Томас заметил, что один из партнеров смотрит в их сторону, и быстро отвел глаза.
— Да, завтра будет лучше, — сказал он, надеясь, что Тера поймет намек и оставит его в покое.
— Жду не дождусь, — промурлыкала она и отошла, чтобы поприветствовать знакомую.
Томас проводил ее взглядом. Больше всего на свете ему хотелось бы оказаться не здесь, а где-нибудь еще. Связь с Терой являлась как раз одним из необъяснимых этапов в его жизни. Он всегда презирал стиль отношений, царивший в фирме, — все эти офисные интрижки, любовницы на стороне. И был верен Прийе. В течение трех лет Тера работала вместе с ним над делом «Уортон», но Томас считал ее не более чем приятельницей. Потом случилось несчастье с Мохини, и все вдруг изменилось. Она потянулась к нему в тот момент, когда он был наиболее уязвим, — когда горе Прийи трансформировалось в обиду и озлобленность.

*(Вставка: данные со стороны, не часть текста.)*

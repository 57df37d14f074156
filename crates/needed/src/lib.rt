//! Dead code elimination, here called cleaning: of a function's instructions those alone are kept whose results are
//! needed, that is, live.
//!
//! The definitions stand in `specs/`: `Needed` says which registers are live, `KeptFunction` what is left of a function
//! where only some instructions are kept, `Cleaned` that the kept ones are the live ones, and `Laws` that what is left
//! refines what was there and meets the same checks. `Operands`, `InstNumbers`, `NeededMarks` and `KeptTables` serve
//! private functions alone.
#![tactic(auto)]

mod cleaning;
mod kept;
mod laws;
mod moving;
mod numbers;
mod search;
mod unneeded;

pub use cleaning::clean;
pub use laws::{
    every_cleaned_function_refines_the_old, every_cleaned_module_refines_the_old,
    every_cleaned_number_was_there,
};
pub use unneeded::unneeded_insts;
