//! Parsing the text of a module.

ghost use Rattle.std.specs.Prelude.{◌≤◌, length, IfOk, OnOk, IfErr};
ghost use Rattle.refusal.specs.Refusals.{IfRefused};
ghost use Rattle.ir_parse.specs.Text.{most_bytes, IsRaw, IsTextFault};

use crate::entries::raw_module;
use ir_tokens::{IrError, IrFaultKind, RawModule, tokens_of};
use refusal::refused;
use std::alloc::Global;

/// How many bytes a text may have at most.
pub const MOST_BYTES: usize = 1 << 24;

/// Parses a text as a module as written, in time linear in its length. The error is the text's first fault.
pub fn parse(alloc: Global, bytes: &[u8]) -> Result<RawModule, IrError>
    ensures ok { IfOk result (λ m. IsRaw bytes.now m) }
    ensures limit { OnOk result (length bytes.now ≤ most_bytes) }
    ensures refused { IfErr result (λ e. IfRefused e (IsTextFault bytes.now)) }
{
    if bytes.len() > MOST_BYTES {
        return Err(refused(1, IrFaultKind::TooLong));
    }
    let tokens = tokens_of(alloc, bytes)?;
    raw_module(alloc, tokens.as_slice())
}
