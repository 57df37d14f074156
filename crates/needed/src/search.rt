//! Which instructions are live: a search by a worklist, which begins with what the terminators read and follows
//! operands from uses to definitions.

ghost use Rattle.std.specs.Prelude.{◌≡◌, [], ◌∷◌, ℕ, length, All, IfOk, OnOk, map};
ghost use Rattle.ir_core.specs.Checks.{IsKnown};
ghost use Rattle.ir_core.specs.Reads.{Read, IsRead};
ghost use Rattle.needed.specs.Cleaned.{KeepsNeeded};
ghost use Rattle.needed.specs.NeededMarks.{Marked, IsSearched};
ghost use Rattle.needed.specs.InstNumbers.{AreNumbers, IsNumbered, marks_by};
ghost use Rattle.needed.specs.Operands.{operands_of, operands_at_end};

use crate::numbers::Numbers;
use ir_core::{Function, Op, Operand, Register, Terminator};
use std::alloc::{AllocError, Global};

/// The state of the search.
#[derive(Drop)]
pub(crate) struct Search {
    /// For each instruction by its number, whether it is known to be live.
    marks: Vec<bool>,
    /// The worklist: the marked instructions, by block and place, whose operands are still to be marked.
    work: Vec<(u32, u32)>,
}

impl Search {
    /// Marks the instruction that defines the register, and puts it on the worklist, unless it is marked already.
    fn mark_register(&mut self, numbers: &Numbers, register: Register) -> Result<(), AllocError>
        requires { IsNumbered numbers.now.firsts.items (length self.old.marks.items) (Operand.Register register) }
        ensures { OnOk result (
            Marked numbers.now.firsts.items (Operand.Register register ∷ []) self.old self.new) }
    {
        if let Register::Result(block, place) = register {
            let number = numbers.firsts[block as usize] + place as usize;
            if !self.marks[number] {
                self.work.push((block, place))?;
                self.marks[number] = true;
            }
        }
        Ok(())
    }

    /// Marks the instruction that defines an operand.
    fn mark(&mut self, numbers: &Numbers, operand: Operand) -> Result<(), AllocError>
        requires { IsNumbered numbers.now.firsts.items (length self.old.marks.items) operand }
        ensures { OnOk result (Marked numbers.now.firsts.items (operand ∷ []) self.old self.new) }
    {
        match operand {
            Operand::Register(register) => self.mark_register(numbers, register),
            _ => Ok(()),
        }
    }

    /// Marks the instructions that define these operands.
    fn mark_all(&mut self, numbers: &Numbers, operands: &[Operand]) -> Result<(), AllocError>
        requires { All (IsNumbered numbers.now.firsts.items (length self.old.marks.items)) operands.now }
        ensures { OnOk result (Marked numbers.now.firsts.items operands.now self.old self.new) }
    {
        for operand in operands {
            self.mark(numbers, *operand)?;
        }
        Ok(())
    }

    /// Marks the instructions that define the operands of these entries.
    fn mark_entries(
        &mut self,
        numbers: &Numbers,
        entries: &[(Operand, u32)],
    ) -> Result<(), AllocError>
        requires { All (IsNumbered numbers.now.firsts.items (length self.old.marks.items)) (map (λ e. e.0) entries.now) }
        ensures { OnOk result (
            Marked numbers.now.firsts.items (map (λ e. e.0) entries.now) self.old self.new) }
    {
        for entry in entries {
            self.mark(numbers, entry.0)?;
        }
        Ok(())
    }

    /// Marks the instructions that define an instruction's operands.
    fn mark_op(&mut self, numbers: &Numbers, op: &Op) -> Result<(), AllocError>
        requires { All (IsNumbered numbers.now.firsts.items (length self.old.marks.items)) (operands_of op.now) }
        ensures { OnOk result (
            Marked numbers.now.firsts.items (operands_of op.now) self.old self.new) }
    {
        match op {
            Op::Binary(_, _, x, y) | Op::Compare(_, _, _, x, y) => self.mark_all(
                numbers,
                &[*x, *y],
            ),
            Op::Select(condition, x, y) => self.mark_all(numbers, &[*condition, *x, *y]),
            Op::Unary(_, _, x) | Op::Convert(_, _, _, x) | Op::Freeze(x) => {
                self.mark_all(numbers, &[*x])
            }
            Op::Phi(entries) => self.mark_entries(numbers, entries.as_slice()),
        }
    }

    /// Marks the instruction that defines a terminator's operand.
    fn mark_end(&mut self, numbers: &Numbers, end: &Terminator) -> Result<(), AllocError>
        requires { All (IsNumbered numbers.now.firsts.items (length self.old.marks.items)) (operands_at_end end.now) }
        ensures { OnOk result (
            Marked numbers.now.firsts.items (operands_at_end end.now) self.old self.new) }
    {
        match end {
            Terminator::Return(x) | Terminator::Branch(x, _, _) | Terminator::Switch(x, _, _, _) =>
                self.mark_all(numbers, &[*x]),
            Terminator::Jump(_) | Terminator::Unreachable => self.mark_all(numbers, &[]),
        }
    }

    /// The start of the search: the instructions that define the terminators' operands are marked.
    fn from_ends(alloc: Global, f: &Function, numbers: &Numbers) -> Result<Search, AllocError>
        requires numbers { AreNumbers f.now.blocks numbers.now.firsts.items numbers.now.count }
        requires registers { (b k i : ℕ) (r : Read) →
            IsRead f.now b k i r → IsKnown f.now r.operand }
        ensures { IfOk result (
            IsSearched f.now numbers.now.firsts.items numbers.now.count (length f.now.blocks)) }
    {
        let mut search = Search {
            marks: vec![in alloc; false; numbers.count]?,
            work: Vec::new(alloc),
        };
        for block in f.blocks.as_slice() {
            search.mark_end(numbers, &block.end)?;
        }
        Ok(search)
    }

    /// Takes instructions from the worklist and marks those that define their operands, until the worklist is empty.
    fn follow(&mut self, f: &Function, numbers: &Numbers) -> Result<(), AllocError>
        requires numbers { AreNumbers f.now.blocks numbers.now.firsts.items numbers.now.count }
        requires registers { (b k i : ℕ) (r : Read) →
            IsRead f.now b k i r → IsKnown f.now r.operand }
        requires searched { IsSearched f.now numbers.now.firsts.items numbers.now.count (length f.now.blocks) self.old }
        ensures searched { OnOk result (
            IsSearched f.now numbers.now.firsts.items numbers.now.count (length f.now.blocks) self.new) }
        ensures done { OnOk result (self.new.work.items ≡ []) }
    {
        while let Some((block, place)) = self.work.pop() {
            let block = &f.blocks.as_slice()[block as usize];
            let inst = &block.insts.as_slice()[place as usize];
            self.mark_op(numbers, &inst.op)?;
        }
        Ok(())
    }
}

/// For each instruction by its number, whether its result is needed (live).
pub(crate) fn needed(
    alloc: Global,
    f: &Function,
    numbers: &Numbers,
) -> Result<Vec<bool>, AllocError>
    requires numbers { AreNumbers f.now.blocks numbers.now.firsts.items numbers.now.count }
    requires registers { (b k i : ℕ) (r : Read) → IsRead f.now b k i r → IsKnown f.now r.operand }
    ensures count { IfOk result (λ marks. length marks.items ≡ numbers.now.count) }
    ensures exact { IfOk result (λ marks.
        KeepsNeeded f.now (marks_by numbers.now.firsts.items marks.items)) }
{
    let mut search = Search::from_ends(alloc, f, numbers)?;
    search.follow(f, numbers)?;
    Ok(search.marks)
}
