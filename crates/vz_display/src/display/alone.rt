//! Showing a picture without a runtime.
ghost use Rattle.std.specs.Prelude.{◌≡◌, ◌+◌, OnOk};
ghost use Rattle.vz_display.specs.Displayed.{shown, cost, removed_with};

use crate::Display;
use crate::display::next_buffer;
use std::alloc::Global;
use std::sync::ledger::Ledger;
use vz_base::Memory;
use vz_buffers::{SharedBuffer, Steps};
use vz_machine::ThinPicture;

impl Display {
    /// Shows a picture as `show` does, and paints on the caller's thread alone. So it needs no
    /// runtime, and a static library can call it.
    pub fn show_alone<P: ThinPicture, L: Ledger>(
        &mut self,
        alloc: Global,
        p: &P,
        steps: &mut Steps<L>,
    ) -> Result<(), Memory>
        requires { (P.pictured p.now).size ≡ self.old.shown.turns.size }
        ensures shown { OnOk result (self.new.shown ≡ shown self.old.shown (P.pictured p.now)) }
        ensures counted { OnOk result (steps.new ≡ steps.old + cost self.old (P.pictured p.now)) }
        ensures removed { OnOk result (self.new.removed ≡ removed_with self.old (P.gone p.now)) }
    {
        let _proper = p.size();
        self.queue.add_damage(&p.damage());
        let area = self.queue.stale();
        let (mut buffer, made) = next_buffer(alloc, self.size, &mut self.kept, steps)?;
        p.paint_alone(alloc, area, &mut buffer, steps)?;
        let shown = SharedBuffer::new(alloc, buffer)?;
        self.queue.painted();
        self.kept.insert(0, Some(shown));
        self.painted = self
            .painted
            .saturating_add(made)
            .saturating_add(area.area());
        self.removed = self.removed.saturating_add(p.gone());
        Ok(())
    }
}
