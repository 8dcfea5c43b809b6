//! A client of a security key over lines: one JSON object in, one out.
#![tactic(auto)]

use clap::error::ErrorKind;
use clap::{ArgMatches, Command, Error};
use client_acts::acts_help;
use client_lines::{Client, answer_line};
use json_lines::{READ_AT_ONCE, VERSION, arguments, next_line};
use std::alloc::Global;
use std::io::{self, BufRead, BufReader, Write};

/// Answers each line, at once.
fn answer_lines<R: BufRead>(rt: &HostRuntime, reader: &mut R) -> io::Result<()> {
    let mut client = Client::new();
    let mut out = rt.stdout();
    let mut line = Vec::new(rt.alloc());
    for _ in 0..u64::MAX {
        if !next_line(reader, &mut line)? {
            break;
        }
        let answer = answer_line(rt.alloc(), &mut client, line.as_slice())?;
        out.write_all(answer.as_bytes())?;
        out.flush()?;
    }
    Ok(())
}

/// Answers each line of the input.
fn serve(rt: &HostRuntime) -> io::Result<()> {
    let mut reader = BufReader::with_capacity(rt.alloc(), READ_AT_ONCE, rt.reader())?;
    let served = answer_lines(rt, &mut reader);
    // The reader is taken apart by std, since to prove that it is dropped here takes minutes.
    reader.into_inner();
    served
}

/// What clap reads of the arguments, with this text after the help.
fn command_line<'a>(
    alloc: Global,
    help: &'a str,
    arguments: &'a [String],
) -> Result<ArgMatches<'a>, Error> {
    let mut parser = Command::new(alloc, "passkey-client")
        .about("A client of a security key over lines: one JSON object in, one out")
        .version(VERSION)
        .after_help(help);
    parser.try_get_matches_from_mut(arguments)
}

/// Tells what clap says: help and the version on standard output, and what is wrong on standard error. The status.
fn tell(rt: &HostRuntime, said: &Error) -> io::Result<u8> {
    match said.kind() {
        ErrorKind::DisplayHelp | ErrorKind::DisplayVersion => {
            write!(rt.stdout(), "{said}")?;
            Ok(0)
        }
        _ => {
            write!(rt.stderr(), "{said}")?;
            Ok(2)
        }
    }
}

/// What clap says of the arguments, where they are not taken.
fn refused(alloc: Global, help: &str, arguments: &[String]) -> Option<Error> {
    match command_line(alloc, help, arguments) {
        Ok(_) => None,
        Err(error) => Some(error),
    }
}

/// Runs the program on its arguments.
fn run_words(rt: &HostRuntime) -> io::Result<u8> {
    let words = arguments(rt)?;
    let help = acts_help(rt.alloc())?;
    if let Some(said) = refused(rt.alloc(), help.as_str(), words.as_slice()) {
        return tell(rt, &said);
    }
    serve(rt)?;
    Ok(0)
}

/// Runs the program on its arguments: its status.
pub fn run(rt: &HostRuntime) -> u8 {
    match run_words(rt) {
        Ok(status) => status,
        Err(error) => {
            let _ = writeln!(rt.stderr(), "{error}");
            3
        }
    }
}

Их роман начинался вполне невинно — шуточки, подколы, похлопывания по плечу. Но как-то незаметно, в водовороте подготовки к судебным слушаниям по делу Уортон, на фоне депрессии Прийи, Томас переступил грань, отделявшую симпатию от неодолимого влечения. Он уходил с работы все позже и позже, не желая возвращаться домой, боясь скандалов, которые Прийя устраивала по любому поводу, настоящему или надуманному. Он совсем не мог разговаривать с ней о Мохини — Прийя была не в состоянии даже произносить ее имя. Томас чувствовал себя несчастным и одиноким, а Тера была рядом. Не просто рядом — она завораживала и завлекала.
До того как ушла Прийя, они ни разу не были вместе, но за последние три недели Томас два раза побывал в квартире Теры на Капитолийском холме. На ночь он не оставался — чувство вины было слишком сильным. Но он поддался искушению переспать с ней. Тера была молодой и красивой, а его жена ушла.
Томас взглянул на часы — было уже десять. Он собрался с духом, прошелся по залу, поговорил с парой знакомых, сказал что-то остроумное одному из старших партнеров, заставил рассмеяться другого. Что ж, время, положенное приличиями, он отбыл. Теперь можно уходить. Томас вышел из «Мэйфлауэр» и пошел пешком вниз по Восемнадцатой улице к Кей-стрит. Ночь была холодной и ясной. Сквозь дымку смога виднелись звезды. Томас плотнее закутался в пальто. Он хотел остановить такси, но передумал. Лучше он прогуляется.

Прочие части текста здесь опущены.